Speculation Blues

Using Options for Downside Protection and Additional Income

Speculation Blues

Question: If I am concerned about a potential drop in the market, should I buy a put option to protect myself? Also, would it make sense to fund the cost of the put option by selling a call option?

Answer: A put option allows you to sell shares at a pre-set price (the strike price). If you own shares and they fall below the strike price, you have essentially limited your loss to difference between the original price and the strike price plus the cost of the put option. Of course, you could also have essentially accomplished this with a stop-loss order which costs nothing (aside from the possibility that your actual selling price may be lower than your stop-loss price, if the market makes a large move in a short period of time).

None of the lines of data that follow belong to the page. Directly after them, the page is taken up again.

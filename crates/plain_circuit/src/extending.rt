//! Messages and events that concern the next hop.

ghost use Rattle.std.specs.Prelude.{◌≡◌, ◌≤◌, IfOk, IfSome, length, option_map};
ghost use Rattle.tor_spec.specs.Extend.{extend_request};
ghost use Rattle.relay_cell.specs.Extend.{extend_of};
ghost use Rattle.circuit_model.specs.NextHop.{next_hop, is_absent};
ghost use Rattle.circuit_model.specs.Extending.{address_asked, extend_effects, truncate_effects, accepted_request, create2, linked_effects, answered_effects};
ghost use Rattle.plain_circuit.specs.Values.{log_of, entry_of};

use crate::log::Entry;
use crate::next_hop::next_hop;
use crate::packaged::packaging;
use cell_codec::{command, destroy_reason};
use circuit_model::{CircuitCell, Effects, Message, NextHop};
use relay_cell::{
    Extend2, create2_payload, extended2_body, read_extend2, read_handshake_reply, truncated_body,
};
use std::alloc::{AllocError, Global};
use tor_spec::Address;

fn is_absent(log: &[Entry<'_>]) -> bool
    ensures { result ≡ is_absent (next_hop (log_of log.now)) }
{
    matches!(next_hop(log), NextHop::Absent)
}

/// The first IPv4 address that an EXTEND2 names.
fn address_asked(message: &Message) -> Option<Address>
    ensures { result ≡ address_asked message.now }
{
    let extend = read_extend2(message.payload.as_slice())?;
    let (ip, port) = extend.to?;
    Some(Address { ip, port })
}

/// EXTENDED2 has room for so many bytes of HDATA behind HLEN.
const MOST_HDATA: usize = 496;

/// EXTEND2: in RELAY_EARLY, with no next hop before it, and with an IPv4 address.
pub fn extend_effects(log: &[Entry<'_>], message: &Message) -> Effects
    ensures { result ≡ extend_effects (log_of log.now) message.now }
{
    if !message.early || !is_absent(log) {
        return Effects::closing(destroy_reason::PROTOCOL);
    }
    match address_asked(message) {
        Some(to) => Effects {
            dial: Some(to),
            ..Effects::none()
        },
        None => Effects::closing(destroy_reason::PROTOCOL),
    }
}

/// TRUNCATE.
#[tactic(auto, using(tor_spec::proofs::Bodies::relay_body_fits))]
pub fn truncate_effects(alloc: Global, log: &[Entry<'_>]) -> Result<Effects, AllocError>
    ensures { IfOk result (λ effects. effects ≡ truncate_effects (log_of log.now)) }
{
    let answer = packaging(alloc, log, &truncated_body(destroy_reason::REQUESTED))?;
    Ok(Effects {
        cut: !is_absent(log),
        ..answer
    })
}

/// What a message asks of a next hop, if it is an EXTEND2.
fn request_in(message: &Message) -> Option<Extend2<'_>>
    ensures request { option_map extend_of result ≡ extend_request message.now.payload }
    ensures short { IfSome result (λ request. length request.hdata.now ≤ 498) }
{
    let request = read_extend2(message.payload.as_slice())?;
    Some(request)
}

/// What an entry asked of the next hop, if it was an accepted EXTEND2.
fn accepted_request<'a>(entry: &'a Entry<'_>) -> Option<Extend2<'a>>
    ensures request { option_map extend_of result ≡ accepted_request (entry_of entry.now) }
    ensures short { IfSome result (λ request. length request.hdata.now ≤ 498) }
{
    if entry.effects.dial.is_none() {
        return None;
    }
    let message = entry.message.as_ref()?;
    request_in(message)
}

/// CREATE2: HTYPE, HLEN and HDATA as the EXTEND2 had them.
#[tactic(auto, unfolding(circuit_model::specs::Extending::create2))]
fn create2(request: &Extend2<'_>) -> CircuitCell
    requires { length request.now.hdata.now ≤ 498 }
    ensures { result ≡ create2 (extend_of request.now) }
{
    CircuitCell {
        command: command::CREATE2,
        body: create2_payload(request.htype, request.hdata),
    }
}

/// A linked next hop is sent what the last accepted EXTEND2 asked.
pub fn linked_effects(log: &[Entry<'_>]) -> Effects
    ensures { result ≡ linked_effects (log_of log.now) }
{
    let mut last_request = None;
    for entry in log {
        if let Some(request) = accepted_request(entry) {
            last_request = Some(request);
        }
    }
    match last_request {
        Some(request) => Effects {
            forth: Some(create2(&request)),
            ..Effects::none()
        },
        None => Effects::none(),
    }
}

/// CREATED2 from the next hop.
#[tactic(auto, using(tor_spec::proofs::Fitting::body_fits, tor_spec::proofs::Fitting::reply_fits))]
pub fn answered_effects(
    alloc: Global,
    log: &[Entry<'_>],
    payload: &[u8; 509],
) -> Result<Effects, AllocError>
    ensures { IfOk result (λ effects. effects ≡ answered_effects (log_of log.now) payload.now) }
{
    let Some(handshake) = read_handshake_reply(payload) else {
        return Ok(Effects::closing(destroy_reason::PROTOCOL));
    };
    if handshake.len() <= MOST_HDATA {
        packaging(alloc, log, &extended2_body(handshake))
    } else {
        Ok(Effects::closing(destroy_reason::PROTOCOL))
    }
}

The pricing of options is highly complex and well beyond the abilities of 99% of retail investors (ourselves included). The institutional investors that trade options (such as Goldman Sachs) run highly sophisticated models that are overseen by guys like Nobel Laureate Harry Markowitz (as he recounted to us a few years ago). If one of them is on the other side of your trade, you can be absolutely certain that you are the proverbial sucker at the poker table.

This is also why we advise against selling call options (which allow the buyer to buy your shares at the pre-set strike price) whether to generate additional income or to fund the purchase of a put option. Selling a call by itself limits your upside and does nothing to protect your downside. The only index fund that we know of that incorporates the strategy of selling call options is PBP (PowerShares S&P 500 Buy-Write Fund), and for the five years ending 10/31/2013, it has lagged the S&P 500 Index by 7.8% per year on average.

For most investors, a better approach to mitigate the risk of their equity assets is to combine them with low-risk fixed income investments. To determine the percentage of their portfolio that should be in risky assets, IFA’s Risk Capacity Survey is recommended.

One final consideration is that the taxes involved with option trading can be excessive, often involving short-term gains.